What the task requires
Write out all of the lines below, exactly and completely.

# # # # # # #

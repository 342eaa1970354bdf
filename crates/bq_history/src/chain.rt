//! Items in the order in which they were added.
ghost use Rattle.std.specs.Prelude.{◌≡◌, ◌+◌, ◌<◌, ◌^◌, IfOk, [], ◌∷◌, ◌++◌, length, reverse};
ghost use Rattle.bq_history.specs.Chains.{chain_behind};

use std::alloc::{AllocError, Global};
use std::marker::Model;

/// A link to another item, or to none.
pub(crate) type Link<T> = Option<Box<Node<T>>>;

/// An item with its links to others. While the history grows, the items are a chain by `next`; at its end they become a tree.
#[derive(Drop)]
pub struct Node<T: Drop> {
    pub(crate) item: T,
    pub(crate) next: Option<Box<Node<T>>>,
    pub(crate) left: Option<Box<Node<T>>>,
}

/// An item that is in no chain yet. Contracts see only the item.
#[derive(Drop)]
pub struct Slip<T: Drop> {
    pub(crate) node: Box<Node<T>>,
}

impl<T: Drop> Model for Slip<T> {
    ghost use Rattle.bq_history.specs.Chains.{item_of};

    ghost Value = { T };

    ghost view = { λ s. item_of s.node.value };
}

impl<T: Drop> Slip<T> {
    /// A slip for an item. If memory runs out, the item is dropped, and nothing else changes.
    pub(crate) fn new(alloc: Global, item: T) -> Result<Slip<T>, AllocError>
        ensures { IfOk result (λ s. s ≡ item) }
    {
        let node = Box::new(
            alloc,
            Node {
                item,
                next: None,
                left: None,
            },
        )?;
        Ok(Slip { node })
    }
}

/// Items, linked from the last to the first, so that adding one is quick and takes no memory. Contracts see them in the
/// order in which they were added.
pub struct GrowingList<T: Drop> {
    pub(crate) last: Link<T>,
    len: u64,
}

/// Drops one node after another, so that a long list does not need a deep stack.
impl<T: Drop> Drop for GrowingList<T> {
    fn drop(self) {
        let GrowingList { last, len: _ } = self;
        let mut rest = last;
        while let Some(mut node) = rest {
            rest = node.next.take();
        }
    }
}

impl<T: Drop> Model for GrowingList<T> {
    ghost use Rattle.std.specs.Prelude.{◌≡◌, List, length, reverse};
    ghost use Rattle.bq_history.specs.Chains.{chain_behind};

    ghost Value = { List T };

    ghost view = { λ r. reverse (chain_behind r.last) };

    ghost invariant = { λ r. r.len ≡ length (chain_behind r.last) };
}

impl<T: Drop> GrowingList<T> {
    /// A list without items.
    pub(crate) fn new() -> GrowingList<T>
        ensures { result ≡ [] }
    {
        GrowingList { last: None, len: 0 }
    }

    /// Adds an item at the end. It takes no memory.
    pub(crate) fn push(&mut self, slip: Slip<T>)
        requires { length self.old + 1 < 2 ^ 64 }
        ensures { self.new ≡ self.old ++ slip ∷ [] }
    {
        let Slip { mut node } = slip;
        node.next = self.last.take();
        self.last = Some(node);
        self.len += 1;
    }

    /// The chain of the items from the first to the last, and their number. It takes no memory.
    pub(crate) fn in_order(self) -> (Link<T>, u64)
        ensures chain { chain_behind result.0 ≡ self }
        ensures len { result.1 ≡ length self }
    {
        let GrowingList { last, len } = self;
        (reversed(last), len)
    }
}

/// Reverses a chain.
fn reversed<T: Drop>(link: Link<T>) -> Link<T>
    ensures { chain_behind result ≡ reverse (chain_behind link) }
{
    let mut rest = link;
    let mut done: Link<T> = None;
    while let Some(mut node) = rest {
        rest = node.next.take();
        node.next = done;
        done = Some(node);
    }
    done
}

# # # # # # #

Response to this exercise
repository 342eaa1970354bdf
filename crates/bq_history/src/chain.rt
//! Items in the order in which they were added.
ghost use Rattle.std.specs.Prelude.{◌≡◌, ◌+◌, ◌<◌, ◌^◌, IfOk, [], ◌∷◌, ◌++◌, length, reverse};
ghost use Rattle.bq_history.specs.Chains.{chain_behind};

use std::alloc::{AllocError, Global};
use std::marker::Model;

/// A link to another item, or to none.
pub(crate) type Link<T> = Option<Box<Node<T>>>;

/// An item with its links to others. While the history grows, the items are a chain by `next`; at its end they become a tree.
#[derive(Drop)]
pub struct Node<T: Drop> {
    pub(crate) item: T,
    pub(crate) next: Option<Box<Node<T>>>,
    pub(crate) left: Option<Box<Node<T>>>,
}

/// An item that is in no chain yet. Contracts see only the item.
#[derive(Drop)]
pub struct Slip<T: Drop> {
    pub(crate) node: Box<Node<T>>,
}

impl<T: Drop> Model for Slip<T> {
    ghost use Rattle.bq_history.specs.Chains.{item_of};

    ghost Value = { T };

    ghost view = { λ s. item_of s.node.value };
}

impl<T: Drop> Slip<T> {
    /// A slip for an item. If memory runs out, the item is dropped, and nothing else changes.
    pub(crate) fn new(alloc: Global, item: T) -> Result<Slip<T>, AllocError>
        ensures { IfOk result (λ s. s ≡ item) }
    {
        let node = Box::new(
            alloc,
            Node {
                item,
                next: None,
                left: None,
            },
        )?;
        Ok(Slip { node })
    }
}

/// Items, linked from the last to the first, so that adding one is quick and takes no memory. Contracts see them in the
/// order in which they were added.
pub struct GrowingList<T: Drop> {
    pub(crate) last: Link<T>,
    len: u64,
}

/// Drops one node after another, so that a long list does not need a deep stack.
impl<T: Drop> Drop for GrowingList<T> {
    fn drop(self) {
        let GrowingList { last, len: _ } = self;
        let mut rest = last;
        while let Some(mut node) = rest {
            rest = node.next.take();
        }
    }
}

impl<T: Drop> Model for GrowingList<T> {
    ghost use Rattle.std.specs.Prelude.{◌≡◌, List, length, reverse};
    ghost use Rattle.bq_history.specs.Chains.{chain_behind};

    ghost Value = { List T };

    ghost view = { λ r. reverse (chain_behind r.last) };

    ghost invariant = { λ r. r.len ≡ length (chain_behind r.last) };
}

impl<T: Drop> GrowingList<T> {
    /// A list without items.
    pub(crate) fn new() -> GrowingList<T>
        ensures { result ≡ [] }
    {
        GrowingList { last: None, len: 0 }
    }

    /// Adds an item at the end. It takes no memory.
    pub(crate) fn push(&mut self, slip: Slip<T>)
        requires { length self.old + 1 < 2 ^ 64 }
        ensures { self.new ≡ self.old ++ slip ∷ [] }
    {
        let Slip { mut node } = slip;
        node.next = self.last.take();
        self.last = Some(node);
        self.len += 1;
    }

    /// The chain of the items from the first to the last, and their number. It takes no memory.
    pub(crate) fn in_order(self) -> (Link<T>, u64)
        ensures chain { chain_behind result.0 ≡ self }
        ensures len { result.1 ≡ length self }
    {
        let GrowingList { last, len } = self;
        (reversed(last), len)
    }
}

/// Reverses a chain.
fn reversed<T: Drop>(link: Link<T>) -> Link<T>
    ensures { chain_behind result ≡ reverse (chain_behind link) }
{
    let mut rest = link;
    let mut done: Link<T> = None;
    while let Some(mut node) = rest {
        rest = node.next.take();
        node.next = done;
        done = Some(node);
    }
    done
}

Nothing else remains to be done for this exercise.